I use Malaseb for my 5 yr old golden and have now for about three years. Well, I no longer can use it due to the FDA shutting down the company and now they can't produce it anymore. It sucks since it's the only thing I have found to work on him. I'm wanting to know if anyone knows of a good alternative for it.

I'm not sure of his skin condition, he's been to the vet numerous times and have ruled out food allergies. He's been on tons of antibiotics and steroids, only to have it come back again after the treatment is over, or he's immune to the treatment and it does no good.
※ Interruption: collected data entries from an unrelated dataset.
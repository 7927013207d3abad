// The calls of a keeper, over its session.
ghost use Rattle.std.specs.Prelude.{◌≡◌, ◌⊎◌, ◌<◌, ◌≤◌, ◌-◌, ◌^◌, ◌≢◌, Some, None, [], IsTrue, IfOk, IfErr, OnOk, IsErrOf, true, false};
ghost use Rattle.std.specs.List.{AllByRecursion};
ghost use Rattle.sqlite_trees.specs.Tree.{Trees};
ghost use Rattle.sqlite_trees.specs.View.{doubt};
ghost use Rattle.sqlite.specs.Effect.{Database};
ghost use Rattle.sqlite.specs.Held.{state};
ghost use Rattle.sqlite.specs.State.{HasCleanDisk, Survives};
ghost use Rattle.paxos_packets.specs.Rows.{last_boot, raised};
ghost use Rattle.paxos_packets.specs.declared.rows.Rows.{Rows};
ghost use Rattle.paxos_acceptor.specs.Acceptor.{adopted};
ghost use Rattle.store_keeper.specs.Keeper.{no_rows};
ghost use Rattle.acceptor_store.specs.Tables.{empty_schema, old_schema};
ghost use Rattle.acceptor_store.specs.Statements.{IsFounded};
ghost use Rattle.acceptor_store.specs.Store.{Stores, StoresOld, HasStored, Leaves, LeavesOr, written, Follows};
ghost use Rattle.store_rows.specs.Numbers.{numbers_in_rows, are_numbers, is_ballot};
ghost use Rattle.store_rows.specs.Changes.{is_placed};
ghost use Rattle.acceptor_store.specs.Calls.{HeldBy, WhenHeld, Readies};
ghost use Rattle.store_rows.specs.Faults.{LiesBelow};
ghost use Rattle.acceptor_store.specs.Answers.{Gives, Tells, Refuses, IsUnfit, are_spelled, has_place};

use crate::session::Session;
use crate::statements::read_meta;
use crate::store::{commit_rows, found_store, read_store, renew_store, settle};
use crate::tables::{has_old_tables, is_empty};
use command_codec::Coder;
use paxos_packets::{Body, Change, Rows, Snapshot, Vote, Votes};
use sqlite::{Alter, Connection};
use std::alloc::Global;
use store_keeper::KeeperFault;
use store_rows::{Numbers, numbers_after, old_numbers, raise_boot};

// Makes the tables of an empty database.
fn found_anew<B, C: Coder<B>, S: Alter>(conn: &mut Connection<S>) -> Result<(), KeeperFault>
    requires alone { conn.old.in_transaction ≡ false }
    requires nothing { conn.old.schema ≡ empty_schema }
    ensures alone { conn.new.in_transaction ≡ false }
    ensures founded { HasCleanDisk (state S.Store conn.new) → OnOk result (Leaves C.reading (state S.Store conn.new) no_rows) }
    ensures crash { Survives (state S.Store conn.old) (state S.Store conn.new)
        (λ trees. (db : Database) × (conn.old.schema ≡ empty_schema → IsFounded db) × (trees ≡ db.trees)) }
    ensures fault { IfErr result (λ e. (e ≡ KeeperFault.Memory) ⊎ (e ≡ KeeperFault.Store)) }
{
    found_store(conn)?;
    settle(conn); // for the proof
    Ok(())
}

// Makes the tables of version 1 those of this version.
fn renew<B, C: Coder<B>, S: Alter>(
    conn: &mut Connection<S>,
    numbers: &Numbers,
) -> Result<(), KeeperFault>
    requires alone { conn.old.in_transaction ≡ false }
    requires numbers { are_numbers numbers.now ≡ true }
    ensures alone { conn.new.in_transaction ≡ false }
    ensures renewed { IsTrue (state S.Store conn.old).is_open → (rows : Rows B) → StoresOld C.reading (state S.Store conn.old).committed.trees rows
        → numbers.now ≡ numbers_in_rows rows → HasCleanDisk (state S.Store conn.new) → OnOk result (Leaves C.reading (state S.Store conn.new) rows) }
    ensures crash { Survives (state S.Store conn.old) (state S.Store conn.new)
        (λ trees. (db : Database) × (IsTrue (state S.Store conn.old).is_open → (rows : Rows B) → StoresOld C.reading (state S.Store conn.old).committed.trees rows
        → numbers.now ≡ numbers_in_rows rows → Stores C.reading db.trees rows) × (trees ≡ db.trees)) }
    ensures fault { IfErr result (λ e. (e ≡ KeeperFault.Memory) ⊎ (e ≡ KeeperFault.Store)) }
{
    settle(conn); // for the proof
    renew_store::<B, C, S>(conn, numbers)?;
    settle(conn); // for the proof
    Ok(())
}

// Makes the tables of version 1 those of this version, if `meta` has one row of that version; leaves them as they are otherwise.
fn renew_where_old<B, C: Coder<B>, S: Alter>(conn: &mut Connection<S>) -> Result<(), KeeperFault>
    requires alone { conn.old.in_transaction ≡ false }
    requires tables { conn.old.schema ≡ old_schema }
    ensures alone { conn.new.in_transaction ≡ false }
    ensures renewed { IsTrue (state S.Store conn.old).is_open → (rows : Rows B) → StoresOld C.reading (state S.Store conn.old).committed.trees rows
        → HasCleanDisk (state S.Store conn.new) → OnOk result (Leaves C.reading (state S.Store conn.new) rows) }
    ensures crash { Survives (state S.Store conn.old) (state S.Store conn.new)
        (λ trees. (db : Database) × (IsTrue (state S.Store conn.old).is_open → (rows : Rows B) → StoresOld C.reading (state S.Store conn.old).committed.trees rows
        → Stores C.reading db.trees rows) × (trees ≡ db.trees)) }
    ensures fault { IfErr result (λ e. (e ≡ KeeperFault.Memory) ⊎ (e ≡ KeeperFault.Store)) }
{
    settle(conn); // for the proof
    let metas = read_meta(conn)?;
    let Some(numbers) = old_numbers(metas.as_slice()) else {
        return Ok(());
    };
    renew::<B, C, S>(conn, &numbers)
}

// Makes the tables, if the database is empty, and those of version 1 those of this version.
pub(crate) fn make_ready<B, C: Coder<B>, S: Alter>(
    alloc: Global,
    conn: &mut Connection<S>,
) -> Result<(), KeeperFault>
    requires { conn.old.in_transaction ≡ false }
    ensures alone { conn.new.in_transaction ≡ false }
    ensures founded { conn.old.schema ≡ empty_schema → HasCleanDisk (state S.Store conn.new)
        → OnOk result (Leaves C.reading (state S.Store conn.new) no_rows) }
    ensures again { IsTrue (state S.Store conn.old).is_open → (rows : Rows B) → HasStored C.reading (state S.Store conn.old).committed.trees rows
        → HasCleanDisk (state S.Store conn.new) → OnOk result (Leaves C.reading (state S.Store conn.new) rows) }
    ensures crash { Survives (state S.Store conn.old) (state S.Store conn.new)
        (λ trees. (db : Database) × Readies C.reading (state S.Store conn.old) db × (trees ≡ db.trees)) }
    ensures fault { IfErr result (λ e. (e ≡ KeeperFault.Memory) ⊎ (e ≡ KeeperFault.Store)) }
{
    settle(conn); // for the proof
    if is_empty(conn.schema()) {
        return found_anew::<B, C, S>(conn);
    }
    match has_old_tables(alloc, conn.schema()) {
        Ok(true) => renew_where_old::<B, C, S>(conn),
        Ok(false) => Ok(()),
        Err(_) => Err(KeeperFault::Memory),
    }
}

// Reads the rows, whose numbers are known from then on.
fn read<B: Body, C: Coder<B>, S: Alter>(session: &mut Session<S>) -> Result<Rows<B>, KeeperFault>
    ensures held { IfOk result (HeldBy S.Store C.reading session.new) }
    ensures right { WhenHeld S.Store C.reading session.old session.new (λ rows. IfOk result (λ read. read ≡ rows)) }
    ensures kept { (rows : Rows B) → HeldBy S.Store C.reading session.old rows → HeldBy S.Store C.reading session.new rows }
    ensures survives { Survives (state S.Store session.old.conn) (state S.Store session.new.conn) (λ _. ⊥) }
    ensures told { IfOk result (λ rows. session.new.known ≡ Some (numbers_in_rows rows)) }
    ensures gives { HasCleanDisk (state S.Store session.new.conn) → IfOk result (Gives C.reading (state S.Store session.old.conn).now) }
    ensures tells { HasCleanDisk (state S.Store session.new.conn) → IfErr result (Tells C.reading (state S.Store session.old.conn).now) }
    ensures sound { WhenHeld S.Store C.reading session.old session.new (λ rows. IsUnfit result → ⊥) }
    ensures fault { IfErr result LiesBelow }
{
    settle(&session.conn); // for the proof
    let rows = read_store::<B, C, S>(session.alloc, &mut session.conn)?;
    session.known = Some(Numbers::of(&rows));
    Ok(rows)
}

// Returns the numbers that the store has; reads the rows if they are not known.
fn numbers<B: Body, C: Coder<B>, S: Alter>(session: &mut Session<S>) -> Result<Numbers, KeeperFault>
    ensures kept { (rows : Rows B) → HeldBy S.Store C.reading session.old rows → HeldBy S.Store C.reading session.new rows }
    ensures survives { Survives (state S.Store session.old.conn) (state S.Store session.new.conn) (λ _. ⊥) }
    ensures told { IfOk result (λ numbers. session.new.known ≡ Some numbers) }
    ensures refused { WhenHeld S.Store C.reading session.old session.new (λ rows.
        IsTrue (state S.Store session.old.conn).is_open → IfErr result (Refuses ⊥)) }
    ensures fault { IfErr result LiesBelow }
{
    if let Some(numbers) = session.known {
        return Ok(numbers);
    }
    settle(&session.conn); // for the proof
    let rows = read::<B, C, S>(session)?;
    Ok(Numbers::of(&rows))
}

// Returns whether the boot number and the promise are the same.
fn are_same(left: &Numbers, right: &Numbers) -> bool
    ensures { IsTrue result → (left.now.boot ≡ right.now.boot) × (left.now.promised ≡ right.now.promised) }
{
    left.boot == right.boot && left.promised == right.promised
}

// Returns whether there is neither a snapshot nor a vote.
fn is_nothing<B>(snapshot: &Option<Snapshot>, votes: &[Vote<B>]) -> bool
    ensures nothing { IsTrue result → (snapshot.now ≡ None) × (votes.now ≡ []) }
    ensures something { result ≡ false → (snapshot.now ≢ None) ⊎ (votes.now ≢ []) }
{
    snapshot.is_none() && votes.is_empty()
}

// Commits the votes, the snapshot if there is a new one, and the numbers if they differ from those that are known.
fn commit_over<B, C: Coder<B>, S: Alter>(
    conn: &mut Connection<S>,
    known: &Numbers,
    numbers: &Numbers,
    snapshot: &Option<Snapshot>,
    votes: &[Vote<B>],
    octets: &mut Vec<u8>,
) -> Result<(), KeeperFault>
    requires alone { conn.old.in_transaction ≡ false }
    requires numbers { are_numbers numbers.now ≡ true }
    requires ballots { AllByRecursion (λ v. is_ballot v.ballot ≡ true) votes.now }
    ensures alone { conn.new.in_transaction ≡ false }
    ensures ok { HasCleanDisk (state S.Store conn.new) → (rows : Rows B) → Leaves C.reading (state S.Store conn.old) rows
        → known.now ≡ numbers_in_rows rows → Follows true rows numbers.now snapshot.now
        → AllByRecursion (λ v. is_placed numbers.now.promised numbers.now.floor v ≡ true) votes.now
        → OnOk result (Leaves C.reading (state S.Store conn.new) (written numbers.now snapshot.now votes.now rows)) }
    ensures found { HasCleanDisk (state S.Store conn.new) → (rows : Rows B) → Leaves C.reading (state S.Store conn.old) rows
        → known.now ≡ numbers_in_rows rows → Follows true rows numbers.now snapshot.now
        → AllByRecursion (λ v. is_placed numbers.now.promised numbers.now.floor v ≡ true) votes.now
        → (trees : Trees) → (state S.Store conn.new).may_leave trees
        → (state S.Store conn.old).may_leave trees ⊎ Stores C.reading trees (written numbers.now snapshot.now votes.now rows) }
    ensures clean { doubt (state S.Store conn.old).is_clean ≤ doubt (state S.Store conn.new).is_clean }
    ensures spelled { OnOk result (are_spelled C.spelling votes.now ≡ true) }
    ensures refused { IfErr result (Refuses (are_spelled C.spelling votes.now ≡ false)) }
    ensures kept { IsErrOf result KeeperFault.Damaged → Survives (state S.Store conn.old) (state S.Store conn.new) (λ _. ⊥) }
    ensures fault { IfErr result LiesBelow }
{
    if !are_same(numbers, known) {
        return commit_rows::<B, C, S>(conn, true, numbers, snapshot, votes, octets);
    }
    if is_nothing(snapshot, votes) {
        return Ok(());
    }
    commit_rows::<B, C, S>(conn, false, numbers, snapshot, votes, octets)
}
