// Treats the packets of this member, if it is another.
fn treat_other<M: Machine, K: Keeper<M::Body>>(
    mail: &Mail<M::Body>,
    seat: &mut NodeSeat<M::Body>,
    parts: &mut Parts<M, K>,
    staged: &mut Staged<M::Body>,
    came: &mut Hearings,
    from: u8,
    says: &mut Vec<M::Say>,
) -> Result<(), ActorFault<M::Say>>
    requires owned { Owns mail.now seat.old }
    requires trying { Trying M.Body.same K.holds K.is_failed parts.old seat.old staged.old }
    requires member { IsMember parts.old.node.members from }
    ensures owned { Owns mail.now seat.new }
    ensures trying { OnOk result (Trying M.Body.same K.holds K.is_failed parts.new seat.new staged.new) }
    ensures sound { OnErr result (IsSound M.Body.same K.holds K.is_failed parts.new) }
    ensures seated { OnErr result (IsSeated M.Body.same (acting parts.new seat.new)) }
    ensures who { StaysWho parts.old parts.new }
    ensures treats { (own : List (events.Event M.Body)) (old : Acting M.Body M K) (view : View M.Body) (start : List M.Say) (at : List ℕ) (last : ℕ)
        → Amid M.Body.same M.steps M.content M.loaded K.holds K.finds K.failures own old view start at last []
        (events_in staged.old.tried) (acting_before parts.old seat.old) says.old.items came.old
        → MatchResult result
        (λ _. Amid M.Body.same M.steps M.content M.loaded K.holds K.finds K.failures own old view start
        (if from == parts.old.node.me then at else from ∷ at) from [] (events_in staged.new.tried) (acting_before parts.new seat.new)
        says.new.items came.new)
        (λ fault. Ended M.Body.same M.steps M.content M.loaded K.holds K.finds K.failures own old view start
        (acting parts.new seat.new) says.new.items fault) }
{
    if from == parts.me() {
        return Ok(());
    }
    treat_all_of(mail, seat, parts, staged, came, from, says)
}

// Treats the packets of a member: those of one look into its box, and of further ones until one finds nothing or enough came.
fn treat_all_of<M: Machine, K: Keeper<M::Body>>(
    mail: &Mail<M::Body>,
    seat: &mut NodeSeat<M::Body>,
    parts: &mut Parts<M, K>,
    staged: &mut Staged<M::Body>,
    came: &mut Hearings,
    from: u8,
    says: &mut Vec<M::Say>,
) -> Result<(), ActorFault<M::Say>>
    requires owned { Owns mail.now seat.old }
    requires trying { Trying M.Body.same K.holds K.is_failed parts.old seat.old staged.old }
    requires peer { IsPeer parts.old.node.me parts.old.node.members from }
    ensures owned { Owns mail.now seat.new }
    ensures trying { OnOk result (Trying M.Body.same K.holds K.is_failed parts.new seat.new staged.new) }
    ensures sound { OnErr result (IsSound M.Body.same K.holds K.is_failed parts.new) }
    ensures seated { OnErr result (IsSeated M.Body.same (acting parts.new seat.new)) }
    ensures who { StaysWho parts.old parts.new }
    ensures treats { (own : List (events.Event M.Body)) (old : Acting M.Body M K) (view : View M.Body) (start : List M.Say) (at : List ℕ) (last : ℕ)
        → Amid M.Body.same M.steps M.content M.loaded K.holds K.finds K.failures own old view start at last []
        (events_in staged.old.tried) (acting_before parts.old seat.old) says.old.items came.old
        → MatchResult result
        (λ _. Amid M.Body.same M.steps M.content M.loaded K.holds K.finds K.failures own old view start (from ∷ at) from []
        (events_in staged.new.tried) (acting_before parts.new seat.new) says.new.items came.new)
        (λ fault. Ended M.Body.same M.steps M.content M.loaded K.holds K.finds K.failures own old view start
        (acting parts.new seat.new) says.new.items fault) }
{
    let mut room = PACKETS_OF_ONE;
    'looks: while room > 0 {
        let found = look_into(mail, seat, parts, staged, came, from, says)?;
        if found == 0 {
            return Ok(());
        }
        room = room.saturating_sub(found);
    }
    Ok(())
}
I've done some online searching and it appears he has pyoderma. He develops pustules on his back and his skin becomes red and inflamed under his tail and groin area. I think he's got some kind of yeast problems causing it since the pustules smell like yeast and his skin has a strong odor and he's really greasy. 

If anyone has known of dogs having these problems and know of a shampoo that's helping I'd love to hear it. I have a feeling I will be trying many shampoos in order to find something that works.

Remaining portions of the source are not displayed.